▸ **Given records**
// Frees the list in work, if there is one.
#[inline(always)]
pub fn abandon(lists: &mut Lists, present: Option<Present>)
    requires { ForSome present (λ p. IsBuilding lists.old p.build) }
    ensures account { Moves lists.old lists.new (present_holds present) none }
    ensures others { (h : ℕ) → present_holds present h ≡ 0 → entry_at lists.new h ≡ entry_at lists.old h }
    ensures free { present ≡ None → lists.new ≡ lists.old }
    ensures length { length lists.new ≡ length lists.old }
{
    if let Some(
        Present {
            build,
            from: _,
            matched: _,
            next: _,
            depth: _,
        },
    ) = present
    {
        lists.abandon(build);
    }
}
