/// Small files with expansions and names that are let mean something, within small sizes.
pub fn worked_spelling_sizes()
    ensures name_words { Fills (record default_sizes { main_memory_size = 4 }) (first_line_usual ++ codes "\\csname ab\\endcsname\\end") (record { table = MainMemorySize; used = 4; size = 4 }) }
    ensures name_words_fit { Fits (record default_sizes { main_memory_size = 5 }) (first_line_usual ++ codes "\\csname ab\\endcsname\\end") }
    ensures missing_words { Fills (record default_sizes { main_memory_size = 4 }) (first_line_usual ++ codes "\\csname ab\\relax\\end") (record { table = MainMemorySize; used = 4; size = 4 }) }
    ensures name_pool { Fills (record default_sizes { pool_size = 1690 }) (first_line_usual ++ codes "\\csname ab\\endcsname\\end") (record { table = PoolSize; used = 1689; size = 1690 }) }
    ensures name_pool_fits { Fits (record default_sizes { pool_size = 1691 }) (first_line_usual ++ codes "\\csname ab\\endcsname\\csname ab\\endcsname\\csname a\\endcsname\\end") }
    ensures name_strings { Fills (record default_sizes { number_of_strings = 187 }) (first_line_usual ++ codes "\\csname ab\\endcsname\\end") (record { table = NumberOfStrings; used = 187; size = 187 }) }
    ensures name_hash { Fills (record default_sizes { hash_size = 186 }) (first_line_usual ++ codes "\\csname ab\\endcsname\\end") (record { table = HashSize; used = 186; size = 186 }) }
    ensures name_depth { Fills (record default_sizes { expansion_depth = 2 }) (first_line_usual ++ codes "\\message{\\csname ab\\endcsname}\\end") (record { table = ExpansionDepth; used = 2; size = 2 }) }
    ensures name_depth_fits { Fits (record default_sizes { expansion_depth = 3 }) (first_line_usual ++ codes "\\message{\\csname ab\\endcsname}\\end") }
    ensures job_depth { Fills (record default_sizes { expansion_depth = 2 }) (first_line_usual ++ codes "\\message{\\jobname}\\end") (record { table = ExpansionDepth; used = 2; size = 2 }) }
    ensures behind_depth { Fills (record default_sizes { expansion_depth = 2 }) (first_line_usual ++ codes "\\message{\\expandafter xy}\\end") (record { table = ExpansionDepth; used = 2; size = 2 }) }
    ensures behind_depth_fits { Fits (record default_sizes { expansion_depth = 3 }) (first_line_usual ++ codes "\\def\\b{y}\\message{\\expandafter x\\b}\\end") }
    ensures call_behind_depth { Fills (record default_sizes { expansion_depth = 3 }) (first_line_usual ++ codes "\\def\\b#1{#1}\\message{\\expandafter x\\b y}\\end") (record { table = ExpansionDepth; used = 3; size = 3 }) }
    ensures behind_levels { Fills (record default_sizes { input_stack_size = 2 }) (first_line_usual ++ codes "\\expandafter\\relax\\relax\\end") (record { table = InputStackSize; used = 2; size = 2 }) }
    ensures behind_levels_fit { Fits (record default_sizes { input_stack_size = 3 }) (first_line_usual ++ codes "\\expandafter\\relax\\relax\\end") }
    ensures string_level { Fills (record default_sizes { input_stack_size = 1 }) (codes "\\string a\\end") (record { table = InputStackSize; used = 1; size = 1 }) }
    ensures string_words { Fills (record default_sizes { main_memory_size = 3 }) (first_line_usual ++ codes "\\string\\ab\\end") (record { table = MainMemorySize; used = 3; size = 3 }) }
    ensures string_words_fit { Fits (record default_sizes { main_memory_size = 4 }) (first_line_usual ++ codes "\\string\\ab\\end") }
    ensures empty_text_word { Fills (record default_sizes { main_memory_size = 3 }) (first_line_usual ++ codes "\\message{ab\\romannumeral0 }\\end") (record { table = MainMemorySize; used = 3; size = 3 }) }
    ensures empty_text_word_fits { Fits (record default_sizes { main_memory_size = 4 }) (first_line_usual ++ codes "\\message{ab\\romannumeral0 }\\end") }
    ensures shared { Fills (record default_sizes { main_memory_size = 4 }) (first_line_usual ++ codes "\\def\\a{abc}\\let\\b=\\a\\let\\c=\\a\\end") (record { table = MainMemorySize; used = 4; size = 4 }) }
    ensures shared_fits { Fits (record default_sizes { main_memory_size = 5 }) (first_line_usual ++ codes "\\def\\a{abc}\\let\\b=\\a\\let\\c=\\a\\end") }
    ensures shared_and_redefined { Fills (record default_sizes { main_memory_size = 10 }) (first_line_usual ++ codes "\\def\\a{abc}\\let\\b=\\a\\def\\a{}\\def\\c{xy}\\end") (record { table = MainMemorySize; used = 10; size = 10 }) }
    ensures shared_and_redefined_fits { Fits (record default_sizes { main_memory_size = 11 }) (first_line_usual ++ codes "\\def\\a{abc}\\let\\b=\\a\\def\\a{}\\def\\c{xy}\\end") }
    ensures let_go { Fits (record default_sizes { main_memory_size = 8 }) (first_line_usual ++ codes "\\def\\a{abcdef}\\let\\a\\relax\\def\\c{xyzuvw}\\end") }
{}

▸ **Your task**
A single number is required: how many lines in the material hold the word "csname".

▸ **Response to this task**
9